┌─ DATA RECORDS
// The zones that events of a text need and that can't be read.
ghost use Rattle.std.specs.Prelude.{◌≡◌, ◌++◌, [], List, None, map, if◌then◌else◌, All, IfOk, OnOk};
ghost use Rattle.rr_events.specs.Segments.{section_in};
ghost use Rattle.rr_zone.specs.Parts.{IsNumberedPart, events_in, part_in, part_of};
ghost use Rattle.rr_zone.specs.Series.{IsSeriesMap};
ghost use Rattle.rr_zone.specs.Unread.{needs_zone, unread_at, unread_by, unread_in, unread_named, unread_of, unread_of_parts, unread_zones, with_unread};
ghost use Rattle.rr_zone.specs.Zones.{IsNumbered, raw_lines_in};
ghost use Rattle.rr_zone.specs.declared.event.EventFacts.{EventFacts};

use crate::clock::Clock;
use crate::clocks::Clocks;
use crate::event::{EventFacts, Start};
use crate::part::{Content, Part, parts_of, zones_in};
use crate::rewritten::push_event;
use crate::series::{SeriesStarts, series_starts, turning_start};
use crate::zone::{Zone, ZoneFault};
use rr_events::{Piece, Segment, segments};
use rr_ical::Sought;
use rr_model::{Bytes, Fault, NoMemory};
use rr_text::without_mark;
use std::alloc::Global;

/// A zone that an event needs and that can't be read.
#[derive(Drop)]
pub struct UnreadZone {
    /// The name by which the event asks for it, its TZID.
    pub name: Bytes,
    /// Why it can't be read.
    pub fault: ZoneFault,
}

// Whether an event has a moment of UTC that a zone turns.
fn needs_zone(alloc: Global, is_instance: bool, piece: Piece) -> Result<bool, NoMemory>
    requires { IsNumbered piece }
    ensures { IfOk result (λ needs. needs ≡ needs_zone is_instance (raw_lines_in piece.entry)) }
{
    let mut clock = Clock::new(alloc, Zone::new(alloc))?;
    let mut out = Vec::new(alloc);
    let mut none = Clocks::new(alloc, Vec::new(alloc));
    push_event(
        alloc,
        &mut out,
        &mut clock,
        &mut none,
        Some(b""),
        is_instance,
        piece,
    )?;
    Ok(out.as_slice() != piece.text)
}

// The zone of this name, if it can't be read.
fn unread_named<'a>(
    alloc: Global,
    clocks: &mut Clocks<'a>,
    name: &[u8],
) -> Result<Option<UnreadZone>, NoMemory>
    ensures value { IfOk result (λ x. x ≡ unread_named clocks.old name.now) }
    ensures clocks { clocks.new ≡ clocks.old }
{
    match clocks.fault(alloc, name)? {
        Some(fault) => Ok(Some(UnreadZone {
            name: Bytes::of(alloc, name)?,
            fault,
        })),
        None => Ok(None),
    }
}

// The zone of a start, if it has one that can't be read.
fn unread_at<'a>(
    alloc: Global,
    clocks: &mut Clocks<'a>,
    start: &Start,
) -> Result<Option<UnreadZone>, NoMemory>
    ensures value { IfOk result (λ x. x ≡ unread_at clocks.old start.now) }
    ensures clocks { clocks.new ≡ clocks.old }
{
    match start {
        Start::Zoned(name) => unread_named(alloc, clocks, name.as_slice()),
        Start::Utc => Ok(None),
        Start::Unzoned => Ok(None),
    }
}

// The zone in which an event is written, if it can't be read.
fn unread_by<'a>(
    alloc: Global,
    clocks: &mut Clocks<'a>,
    series: &SeriesStarts<'a>,
    event: &'a EventFacts,
) -> Result<Option<UnreadZone>, NoMemory>
    ensures value { (events : List EventFacts) → IsSeriesMap series.now events
        → IfOk result (λ x. x ≡ unread_by clocks.old events event.now) }
    ensures clocks { clocks.new ≡ clocks.old }
{
    unread_at(alloc, clocks, turning_start(series, event))
}

// The zone that an event needs, if it can't be read.
fn unread_of_event<'a>(
    alloc: Global,
    clocks: &mut Clocks<'a>,
    series: &SeriesStarts<'a>,
    event: &'a EventFacts,
    piece: Piece,
) -> Result<Option<UnreadZone>, NoMemory>
    requires { IsNumbered piece }
    ensures value { (events : List EventFacts) → IsSeriesMap series.now events
        → IfOk result (λ x. x ≡ (if needs_zone event.now.is_instance (raw_lines_in piece.entry)
        then unread_by clocks.old events event.now else None)) }
    ensures clocks { clocks.new ≡ clocks.old }
{
    if !needs_zone(alloc, event.is_instance, piece)? {
        return Ok(None);
    }
    unread_by(alloc, clocks, series, event)
}

// The zone that a part needs, if it is an event and its zone can't be read.
fn unread_of<'a>(
    alloc: Global,
    clocks: &mut Clocks<'a>,
    series: &SeriesStarts<'a>,
    part: &'a Part,
) -> Result<Option<UnreadZone>, NoMemory>
    requires { IsNumberedPart part.now }
    ensures value { (events : List EventFacts) → IsSeriesMap series.now events
        → IfOk result (λ x. x ≡ unread_of clocks.old events part.now.content (raw_lines_in part.now.piece)) }
    ensures clocks { clocks.new ≡ clocks.old }
{
    match &part.content {
        Content::Event(event) => unread_of_event(alloc, clocks, series, event, part.piece),
        Content::Zone => Ok(None),
        Content::Other => Ok(None),
    }
}

// Puts a zone at the end, if there is one.
fn put(found: &mut Vec<UnreadZone>, unread: Option<UnreadZone>) -> Result<(), NoMemory>
    ensures { OnOk result (found.new.items ≡ found.old.items ++ with_unread unread []) }
{
    if let Some(unread) = unread {
        found.push(unread)?;
    }
    Ok(())
}

// The zones that parts need and that can't be read.
fn unread_in<'a>(
    alloc: Global,
    clocks: &mut Clocks<'a>,
    series: &SeriesStarts<'a>,
    parts: &'a [Part],
) -> Result<Vec<UnreadZone>, NoMemory>
    requires numbered { All IsNumberedPart parts.now }
    requires series { IsSeriesMap series.now (events_in (map part_in parts.now)) }
    ensures { IfOk result (λ found. found.items
        ≡ unread_in clocks.old (events_in (map part_in parts.now)) (map part_in parts.now)) }
{
    let mut found = Vec::new(alloc);
    for part in parts {
        let unread = unread_of(alloc, clocks, series, part)?;
        put(&mut found, unread)?;
    }
    Ok(found)
}

// The zones that the parts of a text need and that can't be read.
fn unread_of_parts(alloc: Global, parts: &[Part]) -> Result<Vec<UnreadZone>, NoMemory>
    requires { All IsNumberedPart parts.now }
    ensures { IfOk result (λ found. found.items ≡ unread_of_parts (map part_in parts.now)) }
{
    let series = series_starts(alloc, parts)?;
    let mut clocks = Clocks::new(alloc, zones_in(alloc, parts)?);
    unread_in(alloc, &mut clocks, &series, parts)
}

// The zones that events need and that can't be read, by the segments of a text.
fn unread_of_segments(alloc: Global, segments: &[Segment]) -> Result<Vec<UnreadZone>, NoMemory>
    requires { All (λ segment. IsNumbered segment.piece) segments.now }
    ensures { IfOk result (λ found. found.items ≡ unread_of_parts (map part_of (map section_in segments.now))) }
{
    let parts = parts_of(alloc, segments)?;
    unread_of_parts(alloc, parts.as_slice())
}

/// The zones that events of a text need for their moments of UTC and that can't be read, one for each such event, in the order of
/// the events. A text whose components are at fault has none.
#[tactic(auto, unfolding(crate::specs::Unread::unread_zones))]
pub fn unread_zones(alloc: Global, bytes: &[u8]) -> Result<Vec<UnreadZone>, NoMemory>
    ensures { IfOk result (λ found. found.items ≡ unread_zones bytes.now) }
{
    let text = without_mark(bytes);
    match segments(alloc, Sought::EventsAndZones, Piece { text, first: 1 }) {
        Ok(segments) => unread_of_segments(alloc, segments.as_slice()),
        Err(Fault::Refused(_)) => Ok(Vec::new(alloc)),
        Err(Fault::NoMemory) => Err(NoMemory),
    }
}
└─
_ASSIGNED TASK_
Search the data above for lines holding "crate" and copy each of them.

_ANSWER TO THE EXERCISE_
use crate::clock::Clock;
use crate::clocks::Clocks;
use crate::event::{EventFacts, Start};
use crate::part::{Content, Part, parts_of, zones_in};
use crate::rewritten::push_event;
use crate::series::{SeriesStarts, series_starts, turning_start};
use crate::zone::{Zone, ZoneFault};
#[tactic(auto, unfolding(crate::specs::Unread::unread_zones))]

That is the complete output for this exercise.